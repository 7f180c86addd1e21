//! Tokens as the grammar sees them.
ghost use Rattle.std.specs.Prelude.{◌≡◌};
ghost use Rattle.tff_grammar.specs.Pieces.{bytes_at};

/// A part of the text: the place of its first byte, and that of the byte behind its last, counted from 0.
#[derive(Clone, Copy)]
pub struct Span {
    /// The place of its first byte.
    pub start: u64,
    /// The place behind its last byte.
    pub end: u64,
}

impl Span {
    /// The bytes of a text that stand there: those that it has, where it is too short.
    pub fn bytes(self, text: &[u8]) -> &[u8]
        ensures { result.now ≡ bytes_at text.now self }
    {
        let start = self.start as usize;
        let length = (self.end as usize).saturating_sub(start);
        let rest = &text[start.min(text.len())..];
        &rest[..length.min(rest.len())]
    }
}

/// A numeral: the number that it stands for, and where it stands.
#[derive(Clone, Copy)]
pub struct Number {
    /// The number.
    pub value: i128,
    /// The place of its token.
    pub span: Span,
}

/// A sign that the grammar names on its own.
#[derive(Clone, Copy, PartialEq, Eq)]
pub enum Sign {
    /// `(`
    OpenRound,
    /// `)`
    CloseRound,
    /// `[`
    OpenSquare,
    /// `]`
    CloseSquare,
    /// `,`
    Comma,
    /// `.`
    Dot,
    /// `:`
    Colon,
    /// `~`
    Not,
    /// `*`
    Star,
    /// `>`
    Arrow,
}

/// A sign that joins two or more formulas (TPTP's associative connectives).
#[derive(Clone, Copy, PartialEq, Eq)]
pub enum Junction {
    /// `&`
    And,
    /// `|`
    Or,
}

/// A sign that joins two formulas (TPTP's nonassociative connectives).
#[derive(Clone, Copy)]
pub enum Link {
    /// `=>`
    Implies,
    /// `<=`
    Implied,
    /// `<=>`
    Iff,
    /// `<~>`
    Xor,
    /// `~&`
    Nand,
    /// `~|`
    Nor,
}

/// A quantifier.
#[derive(Clone, Copy)]
pub enum Quantifier {
    /// `!`
    ForAll,
    /// `?`
    Exists,
}

/// A sign between two terms.
#[derive(Clone, Copy)]
pub enum Relation {
    /// `=`
    Equal,
    /// `!=`
    Differ,
}

/// A sort that isn't declared.
#[derive(Clone, Copy)]
pub enum BasicSort {
    /// `$i`
    Individual,
    /// `$int`
    Int,
}

/// An arithmetic word of the TPTP.
#[derive(Clone, Copy)]
pub enum Operation {
    /// `$sum`
    Sum,
    /// `$difference`
    Difference,
    /// `$uminus`
    Uminus,
    /// `$product`
    Product,
    /// `$less`
    Less,
    /// `$lesseq`
    LessEq,
    /// `$greater`
    Greater,
    /// `$greatereq`
    GreaterEq,
}

/// What a lower word may be beside a name.
#[derive(Clone, Copy)]
pub enum Keyword {
    /// `tff`
    Tff,
    /// `include`
    Include,
    /// `thf`, `tcf`, `fof`, `cnf` or `tpi`
    Language,
    /// `type`
    Declaration,
    /// `conjecture`
    Conjecture,
    /// A role of premises, as `axiom`.
    Premise,
    /// A name alone.
    Other,
}

/// A token as the grammar sees it.
#[derive(Clone, Copy)]
pub enum Piece {
    /// A sign that the grammar names on its own.
    Sign(Sign),
    /// `&` or `|`
    Junction(Junction),
    /// A sign between two formulas.
    Link(Link),
    /// `!` or `?`
    Quantifier(Quantifier),
    /// `=` or `!=`
    Relation(Relation),
    /// A lower word, and where it stands.
    Lower(Keyword, Span),
    /// A quoted word.
    Quoted(Span),
    /// An upper word.
    Upper(Span),
    /// A numeral from -2^127 to 2^127 - 1.
    Numeral(Number),
    /// A numeral below -2^127 or above 2^127 - 1.
    WideNumeral,
    /// `$tType`
    OfTypes,
    /// `$i` or `$int`
    Basic(BasicSort),
    /// `$o`
    Truth,
    /// `$true` or `$false`
    Constant(bool),
    /// An arithmetic word.
    Operation(Operation, Span),
    /// A token that is read nowhere but in annotations: a rational, a real, a distinct object, `!>`, or another dollar word.
    Unsupported,
}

---*---

* Problem description *
Go through the data above and copy each line that holds the word "BasicSort".

* Answer box *
pub enum BasicSort {
    Basic(BasicSort),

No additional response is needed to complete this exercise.